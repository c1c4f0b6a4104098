#![tactic(auto)]

// Step and step back of states by value: the step all columns at once, the step back column by column.
pub mod back;
pub mod step;
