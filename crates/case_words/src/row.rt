// So many draws, their words printed.
ghost use Rattle.std.specs.Prelude.{◌≡◌};
ghost use Rattle.cycle.specs.Notation.{iterate};
ghost use Rattle.draws.specs.Calls.{stepped};

use generator::call;
use std::io;
use std::io::Write;

// Word number k of a row of draws, behind a comma but for the first.
fn print_next<W: Write>(out: &mut W, k: usize, card: &[u8], state: &mut [u32]) -> io::Result<()>
    ensures { state.new ≡ stepped card.now state.old }
{
    match call::draw(card, state) {
        Ok(word) => {
            let comma = if k == 0 { "" } else { "," };
            write!(out, "{comma}{word:08x}")
        }
        Err(_) => Ok(()),
    }
}

// So many draws, also where a write fails, their words with commas between; - where there are none.
pub fn print_draws<W: Write>(
    out: &mut W,
    card: &[u8],
    state: &mut [u32],
    count: usize,
) -> io::Result<()>
    ensures { state.new ≡ iterate (stepped card.now) count state.old }
{
    let mut printed = Ok(());
    if count == 0 {
        printed = out.write_all(b"-");
    }
    for k in 0..count {
        printed = printed.and(print_next(out, k, card, state));
    }
    printed
}
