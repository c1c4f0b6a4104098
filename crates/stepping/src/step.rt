// The step of a state by value, for an accepted card. The calls on lent slices establish the conditions.
ghost use Rattle.std.specs.Prelude.{◌≡◌, ◌<◌, ◌≤◌};
ghost use Rattle.tsc.specs.declared.Card.{Card};
ghost use Rattle.tsc.specs.Step.{step};
ghost use Rattle.tsc.specs.Constants.{most_words};
ghost use Rattle.words.specs.Widths.{IsWidth};
ghost use Rattle.columns.specs.Replace.{IsCycle, IsPowerOf};
ghost use Rattle.stepping.specs.State.{used, holding, Steps};

use columns::few::FEW_WORDS;
use columns::power;
use columns::power::Powers;
use selectors::selector;
use selectors::selector::Terms;
use tsc::{Card, MOST_WORDS, State};

// The table's powers for a step, of an accepted card.
pub fn forward(card: &Card) -> Powers
    requires { (0 < card.now.words) × (card.now.words ≤ most_words) × IsCycle card.now.words card.now.table }
    ensures { IsPowerOf card.now.words card.now.table card.now.odd_power result.odd × IsPowerOf card.now.words card.now.table card.now.even_power result.even }
{
    power::powers_of(
        &card.table,
        u32::from(card.words),
        u32::from(card.odd_power),
        u32::from(card.even_power),
    )
}

// The step of a state, all columns at once: entry by entry for few words, else eight columns at a time. The selector's terms and the powers are worked out once
// for all the steps of a call.
pub fn next_state(terms: Terms, powers: &Powers, s: State) -> State
    requires { IsWidth terms.width }
    ensures { (card : Card) → Steps card terms powers.now.odd powers.now.even s → result ≡ holding (step card (used card s)) }
{
    if terms.words as usize <= FEW_WORDS {
        let select = selector::selector_by(terms, s, FEW_WORDS);
        return minterms::replace::replace_columns(powers, s, select, terms.width.low);
    }
    let select = selector::selector_by(terms, s, MOST_WORDS);
    transposition::replace::replace_columns(powers, s, select, terms.width.low)
}
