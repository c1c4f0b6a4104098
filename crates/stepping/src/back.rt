// The step back of a state by value, for an accepted card. The calls on lent slices establish the conditions.
ghost use Rattle.std.specs.Prelude.{◌≡◌, ◌<◌, ◌≤◌};
ghost use Rattle.tsc.specs.Constants.{most_words};
ghost use Rattle.tsc.specs.Coverage.{step_back};
ghost use Rattle.columns.specs.Replace.{IsCycle, IsPowerOf};
ghost use Rattle.stepping.specs.State.{used, holding, undone, Undoes};

use card_table::table;
use columns::few::FEW_WORDS;
use columns::power::Powers;
use columns::{power, replace};
use selectors::selector;
use selectors::selector::Terms;
use tsc::{Card, MOST_WORDS, State, TABLE_SIZE};
use words::arithmetic;

// How often a table of 2^m entries is applied to undo so many applications.
fn undoing(m: u32, times: u32) -> u32
    requires { (0 < m) × (m ≤ most_words) }
    ensures { result ≡ undone m times }
{
    table::entries(m) as u32 - arithmetic::reduce(arithmetic::width_of(m), times)
}

// The table's powers for a step back: they undo those for a step.
pub fn backward(table: &[u8; TABLE_SIZE], m: u32, odd: u32, even: u32) -> Powers
    requires { (0 < m) × (m ≤ most_words) × IsCycle m table.now }
    ensures { IsPowerOf m table.now (undone m odd) result.odd × IsPowerOf m table.now (undone m even) result.even }
{
    let odd_undone = undoing(m, odd);
    let even_undone = undoing(m, even);
    power::powers_of(table, m, odd_undone, even_undone)
}

// The step back of a state, from the lowest column up: the columns found so far are all that the next selector bit depends on. COUNT, at least the card's
// words, is known when this is compiled, so that the loops over words are written out.
fn back_by<const COUNT: usize>(card: Card, terms: Terms, powers: &Powers, s: State) -> State
    requires { Undoes card terms powers.now.odd powers.now.even s × (card.words ≤ COUNT) × (COUNT ≤ most_words) }
    ensures { result ≡ holding (step_back card (used card s)) }
{
    let mut found = State {
        words: [0; MOST_WORDS],
    };
    for i in 0..terms.width.bits {
        let select = selector::selector_by(terms, found, COUNT);
        found = replace::replace_column(powers, s, select, i, found, COUNT);
    }
    found
}

// The step back of a state. What it needs of the card is worked out before.
pub fn previous_state(card: Card, terms: Terms, powers: &Powers, s: State) -> State
    requires { Undoes card terms powers.now.odd powers.now.even s }
    ensures { result ≡ holding (step_back card (used card s)) }
{
    if terms.words as usize <= FEW_WORDS {
        return back_by::<FEW_WORDS>(card, terms, powers, s);
    }
    back_by::<MOST_WORDS>(card, terms, powers, s)
}
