// Rows of draws in answers.
#![tactic(auto)]

pub mod row;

● ● ● ● ●

- [Problem requirements] Every line above with the word "arithmetic" belongs in the answer, copied as written.

- [Written response]
use words::arithmetic;
    table::entries(m) as u32 - arithmetic::reduce(arithmetic::width_of(m), times)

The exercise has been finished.